Background: The availability of multimodal patient data, such as demographics, clinical, imaging, treatment, quality of life, outcomes and wearables data, as well as genome sequencing, have paved the way for the development of multimodal clinical solutions that introduce personalized or precision medicine. The clinical report is an information layer that contains relevant information about the disease in addition to the patient's point of view. Natural language processing (NLP) is a branch of artificial intelligence (AI) and its pre-trained language models are the key technology for extracting value from this data layer.

Aims: This project was conducted by GenoMed4all and Synthema EU consortia, with the aim to: 1) Build an AI language model specific for the hematology domain. 2) Use NLP technology to extract relevant information from clinical reports and perform unsupervised stratification of patients, in order to 3) demonstrate that the clinical report is earlier access to data relative to disease clinical phenotype and biology and provide important information for patient stratification and prediction of clinical outcomes.

Methods: To translate text sentences into numerical embeddings, we implemented bidirectional encoder representations from transformers (BERT) framework. To learn text representations and correlations within data, we performed domain-adaptation by fine-tuned pre-trained model on hematological clinical reports of patients with myeloproliferative neoplasms (MPN), myelodysplastic syndrome (MDS) and acute myeloid leukemia (AML). Patient stratification was performed by HDBSCAN clustering on text embedding encoded by BERT (HematoBERT). Clusters validation was performed by assessing patients' diagnosis and survival probability. Finally, we compared domain-tuned HematoBERT vs pre-trained non-contextualized models.

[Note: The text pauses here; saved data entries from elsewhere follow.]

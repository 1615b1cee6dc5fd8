//! What workers do in a round, and what is marked for the next one: threads scan a frozen version, and commit what they find there under the
//! lock of the book.
#![tactic(auto)]

mod done;
mod laws;
mod marks;
mod racing;
mod round;
mod workers;

pub use done::is_all_done;
pub use laws::{freezes_in_turn, rounds_mark_all};
pub use marks::{ids_after, leave_found};
pub use racing::{RaceEnd, race};
pub use workers::{Worker, do_tasks, has_failed, hire, is_over};
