//! The lines of a solution.

ghost use Rattle.std.specs.Prelude.{◌≡◌, map, true, false, IfOk, MatchOption};
ghost use Rattle.point_text.specs.SolutionLines.{line_with, line_of, text_line};
ghost use Rattle.point_text.specs.PairText.{starts_duals, is_duals_line};

use mps_cards::fields::split_fields;
use std::alloc::AllocError;

/// What a line of a solution says.
pub enum SolutionLine<'a> {
    /// Nothing that counts: a blank line, or the objective's value.
    Silent,
    /// A number by a name.
    Gives { name: &'a [u8], number: &'a [u8] },
    /// It has not two fields.
    Odd,
}

/// What a line with these fields says.
fn line_with<'a>(fields: &[&'a [u8]]) -> SolutionLine<'a>
    ensures { text_line result ≡ line_with (map (λ s. s.now) fields.now) }
{
    match fields {
        [] => SolutionLine::Silent,
        [name, number] => {
            if *name == b"=obj=".as_slice() {
                SolutionLine::Silent
            } else {
                SolutionLine::Gives { name, number }
            }
        }
        _ => SolutionLine::Odd,
    }
}

/// What a line says. Its fields come into the place of what `fields` held. Fails where memory runs
/// out.
pub fn split_line<'a>(
    fields: &mut Vec<&'a [u8]>,
    line: &'a [u8],
) -> Result<SolutionLine<'a>, AllocError>
    ensures { IfOk result (λ said. text_line said ≡ line_of line.now) }
{
    split_fields(fields, line)?;
    Ok(line_with(fields.as_slice()))
}

/// Whether a line with these fields starts the duals.
fn starts_duals(fields: &[&[u8]]) -> bool
    ensures { result ≡ starts_duals (map (λ s. s.now) fields.now) }
{
    match fields {
        [word] => *word == b"=duals=".as_slice(),
        _ => false,
    }
}

/// What a line says, none where it starts the duals. Its fields come into the place of what
/// `fields` held. Fails where memory runs out.
pub fn split_pair_line<'a>(
    fields: &mut Vec<&'a [u8]>,
    line: &'a [u8],
) -> Result<Option<SolutionLine<'a>>, AllocError>
    ensures { IfOk result (λ said. MatchOption said (is_duals_line line.now ≡ true) (λ other. (is_duals_line line.now ≡ false) × (text_line other ≡ line_of line.now))) }
{
    split_fields(fields, line)?;
    if starts_duals(fields.as_slice()) {
        return Ok(None);
    }
    Ok(Some(line_with(fields.as_slice())))
}
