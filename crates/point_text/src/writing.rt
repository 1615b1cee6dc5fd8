//! The writing of a solution.

ghost use Rattle.std.specs.Prelude.{◌≡◌, ◌++◌, length, map, IfOk, OnOk};
ghost use Rattle.point_text.specs.SolutionText.{value_line_by, solution_text_by};

use exact_texts::Textual;
use lp_model::Labels;
use std::alloc::{AllocError, Global};

/// Appends a name and its value.
pub fn push_line<T: Textual>(
    alloc: Global,
    out: &mut Vec<u8>,
    name: &[u8],
    value: &T,
) -> Result<(), AllocError>
    ensures { OnOk result (out.new.items ≡ out.old.items ++ value_line_by T.texts.writing name.now (T.number value.now)) }
{
    out.extend_from_slice(name)?;
    out.push(b' ')?;
    value.push(alloc, out)?;
    out.extend_from_slice(b"\n")
}

/// The text of a point: for each column, by id, a line with its name, a space and its value.
///
/// # Errors
/// Where memory is short.
pub fn write_values<T: Textual, L: Labels>(
    alloc: Global,
    labels: &L,
    point: &[T],
) -> Result<Vec<u8>, AllocError>
    requires { length point.now ≡ length (L.column_names labels.now) }
    ensures { IfOk result (λ text. text.items ≡ solution_text_by T.texts.writing (L.column_names labels.now) (map T.number point.now)) }
{
    let mut out = Vec::new(alloc);
    for id in 0..point.len() {
        push_line(
            alloc,
            &mut out,
            labels.column_name(id).as_bytes(),
            &point[id],
        )?;
    }
    Ok(out)
}
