//! Images that were made by hand, and the samples that dots have.
#![tactic(auto)]

ghost use Rattle.std.specs.Prelude.{◌≤◌, ◌*◌};

use geo_matrix::{Matrix, det};
use img_map::Pick::{At, Outside};
use img_map::{Pick, image_map, is_small, row_samples};
use page_model::{Bytes, Image, ImageMap};
use press_fault::Mem;
use press_nums::Fix;
use std::alloc::Global;
use std::test::Fail;

/// One, as a raw value: a count of 1/65536.
const ONE: i64 = 65_536;

/// The raw value of the greatest element that an image may have.
const MOST: i64 = 68_719_476_735;

/// An element of a matrix by its raw value.
fn element(raw: i64) -> Fix {
    match Fix::of_raw(raw) {
        Some(element) => element,
        None => Fix::of_int(0),
    }
}

/// A matrix by the raw values of its elements.
fn matrix(raw: [i64; 6]) -> Matrix {
    let [a, b, c, d, tx, ty] = raw;
    Matrix {
        a: element(a),
        b: element(b),
        c: element(c),
        d: element(d),
        tx: element(tx),
        ty: element(ty),
    }
}

/// The map of a current matrix and an image matrix, where they have one.
fn map_of(m: &Matrix, image: &Matrix) -> Option<ImageMap> {
    if det(m) == 0 {
        return None;
    }
    if is_small(m) && is_small(image) {
        Some(image_map(m, image))
    } else {
        None
    }
}

/// A gray image of so many columns and rows of samples, between two heights of the page.
fn gray(alloc: Global, width: u32, rows: u32, map: ImageMap, low: i64, high: i64) -> Mem<Image>
    requires { width * rows ≤ 67108864 }
{
    let codes = vec![in alloc; 0u8; width as usize * rows as usize]?;
    Ok(Image {
        width,
        rows,
        channels: 1,
        source: None,
        codes: Bytes::from_vec(codes),
        map,
        low,
        high,
    })
}

/// The samples of nine dots of a row, from a column on.
fn nine_of(image: &Image, row: u16, from: u16) -> [Pick; 9] {
    let mut picks = [At(u32::MAX); 9];
    row_samples(image, u32::from(row), u32::from(from), &mut picks);
    picks
}

/// The samples of nine dots of a row, from a column on, of an image of so many columns and rows of
/// samples, by the raw values of the current matrix and of the image matrix.
fn nine(
    alloc: Global,
    size: (u32, u32),
    m: [i64; 6],
    image: [i64; 6],
    row: u16,
    from: u16,
) -> Mem<Option<[Pick; 9]>>
    requires { size.0 * size.1 ≤ 67108864 }
{
    let (width, rows) = size;
    let Some(map) = map_of(&matrix(m), &matrix(image)) else {
        return Ok(None);
    };
    let image = gray(alloc, width, rows, map, -0x8000_0000, 0x8000_0000)?;
    Ok(Some(nine_of(&image, row, from)))
}

/// The samples that stand first, in nine dots of which the others have none.
fn first(samples: &[u32]) -> Option<[Pick; 9]> {
    let mut picks = [Outside; 9];
    for k in 0..9 {
        if k < samples.len() {
            picks[k] = At(samples[k]);
        }
    }
    Some(picks)
}

/// The image matrix that has a sample for each unit of user space.
const UNIT: [i64; 6] = [ONE, 0, 0, ONE, 0, 0];

#[test]
fn a_row_that_was_not_delivered_has_no_samples(rt: HostRuntime) -> Result<(), Fail> {
    let flag = [9 * ONE, 0, 0, -2 * ONE, 0, 2 * ONE];
    let delivered = nine(rt.alloc(), (9, 1), flag, flag, 0, 0)?;
    let missing = nine(rt.alloc(), (9, 1), flag, flag, 1, 0)?;
    assert!(rt; delivered == first(&[0, 1, 2, 3, 4, 5, 6, 7, 8]));
    assert!(rt; missing == first(&[]));
    Ok(())
}

#[test]
fn an_image_may_be_turned_by_90_degrees(rt: HostRuntime) -> Result<(), Fail> {
    let turned = [0, -2 * ONE, -2 * ONE, 0, 2 * ONE, 2 * ONE];
    let image = [2 * ONE, 0, 0, 2 * ONE, 0, 0];
    let upper = nine(rt.alloc(), (2, 2), turned, image, 0, 0)?;
    let lower = nine(rt.alloc(), (2, 2), turned, image, 1, 0)?;
    assert!(rt; upper == first(&[3, 1]));
    assert!(rt; lower == first(&[2, 0]));
    Ok(())
}

#[test]
fn an_image_may_be_turned_over(rt: HostRuntime) -> Result<(), Fail> {
    let cases: [([i64; 6], [u32; 3]); 4] = [
        ([ONE, 0, 0, ONE, 0, 0], [0, 1, 2]),
        ([-ONE, 0, 0, ONE, 3 * ONE, 0], [2, 1, 0]),
        ([ONE, 0, 0, -ONE, 0, 2 * ONE], [3, 4, 5]),
        ([-ONE, 0, 0, -ONE, 3 * ONE, 2 * ONE], [5, 4, 3]),
    ];
    for (m, samples) in cases {
        let picks = nine(rt.alloc(), (3, 2), m, UNIT, 0, 0)?;
        assert!(rt; picks == first(&samples));
    }
    Ok(())
}

/// Twice the size, turned by 30 degrees.
const TURNED: [i64; 6] = [113_512, ONE, -ONE, 113_512, 2 * ONE, -ONE];

#[test]
fn an_image_may_be_turned_by_30_degrees(rt: HostRuntime) -> Result<(), Fail> {
    let cases: [[i32; 9]; 7] = [
        [-1, 0, 0, 1, 1, -1, -1, -1, -1],
        [-1, 3, 0, 1, 1, 2, -1, -1, -1],
        [3, 3, 4, 4, 1, 2, 2, -1, -1],
        [6, 6, 4, 4, 5, 5, -1, -1, -1],
        [6, 7, 7, 8, 5, 5, -1, -1, -1],
        [-1, 7, 7, 8, 8, -1, -1, -1, -1],
        [-1, -1, -1, 8, 8, -1, -1, -1, -1],
    ];
    let mut row = 0u16;
    for samples in cases {
        let picks = nine(rt.alloc(), (3, 3), TURNED, UNIT, row, 0)?;
        assert!(rt; picks == Some(samples.map(|n| u32::try_from(n).map_or(Outside, At))));
        row = row.wrapping_add(1);
    }
    Ok(())
}

#[test]
fn samples_may_be_tiny_or_huge(rt: HostRuntime) -> Result<(), Fail> {
    let tiny = nine(rt.alloc(), (200_000, 1), [1, 0, 0, ONE, 0, 0], UNIT, 0, 0)?;
    let huge = [MOST, 0, 0, ONE, -MOST, 0];
    let last = nine(rt.alloc(), (16_384, 1), huge, huge, 0, 16_379)?;
    let far = nine(
        rt.alloc(),
        (1_064_960, 1),
        huge,
        [MOST, 0, 0, ONE, 0, 0],
        0,
        16_379,
    )?;
    assert!(rt; tiny == first(&[32_768, 98_304, 163_840]));
    assert!(rt; last == first(&[16_379, 16_380, 16_381, 16_382, 16_383]));
    assert!(rt; far == first(&[1_064_955, 1_064_956, 1_064_957, 1_064_958, 1_064_959]));
    Ok(())
}

#[test]
fn no_row_above_or_below_an_image_has_samples(rt: HostRuntime) -> Result<(), Fail> {
    let unit = matrix(UNIT);
    let Some(map) = map_of(&unit, &unit) else {
        return Ok(());
    };
    let image = gray(rt.alloc(), 3, 3, map, 384, 384)?;
    assert!(rt; Some(nine_of(&image, 0, 0)) == first(&[]));
    assert!(rt; Some(nine_of(&image, 1, 0)) == first(&[3, 4, 5]));
    assert!(rt; Some(nine_of(&image, 2, 0)) == first(&[]));
    Ok(())
}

Results: We implemented HematoBERT based on the bert-base-multilingual-uncased version of BERT. Training data were hematological text reports of 1,328 patients. During fine-tuning, texts were tokenized, then we randomly replaced 15% of the tokens with masked tokens, training the model to predict them. We performed stratification using clinical reports from a validation cohort of 360 patients. We identified 7 clusters, defined according to similar words in meaning that were placed in a specific topic. We extracted the most important words and concepts for each cluster (topic) and we summarized them into effective descriptions for each group of patients. Two clusters included MDS patients with excess blasts, and without excess blasts with ring sideroblasts and del5q (n=69, n=115). One cluster included patients with excess blasts and MDS/MPN (n= 33). Two clusters included MPN patients with primary and secondary myelofibrosis, and MPN patients most including subjects affected with polycythemia vera and essential thrombocythemia (n=35, n=46). Two clusters included patients with AML from MDS and therapy-related AML, and patients with de novo AML (n=22, n=42). Clinical validation was performed based on the diagnosis and survival probability of patients assigned to clusters. Patients' diagnoses were compatible with the cluster assignment (Figure 1). Frequency of gene mutations (as assessed by targeted Next-Generation Sequencing) among different clusters reflected the well-known genotypic-phenotypic associations in MDS, MPN and AML. Kaplan-Maier curves indicated significative risk stratification in clusters in terms of survival probability (Figure 2), similar to stratifications performed on clinical and genomic data. Finally, we evaluate the domain adaptation by comparing the model to other pre-trained non-contextualized ones. Pseudo perplexity score (PPS), accuracy and F1 score were calculated to quantify how good the models are when they see new data, predicting the next word given the context of the sentence. HematoBERT obtained high PPS, accuracy and F1 scores, outperforming the other models also trained on generic clinical domains.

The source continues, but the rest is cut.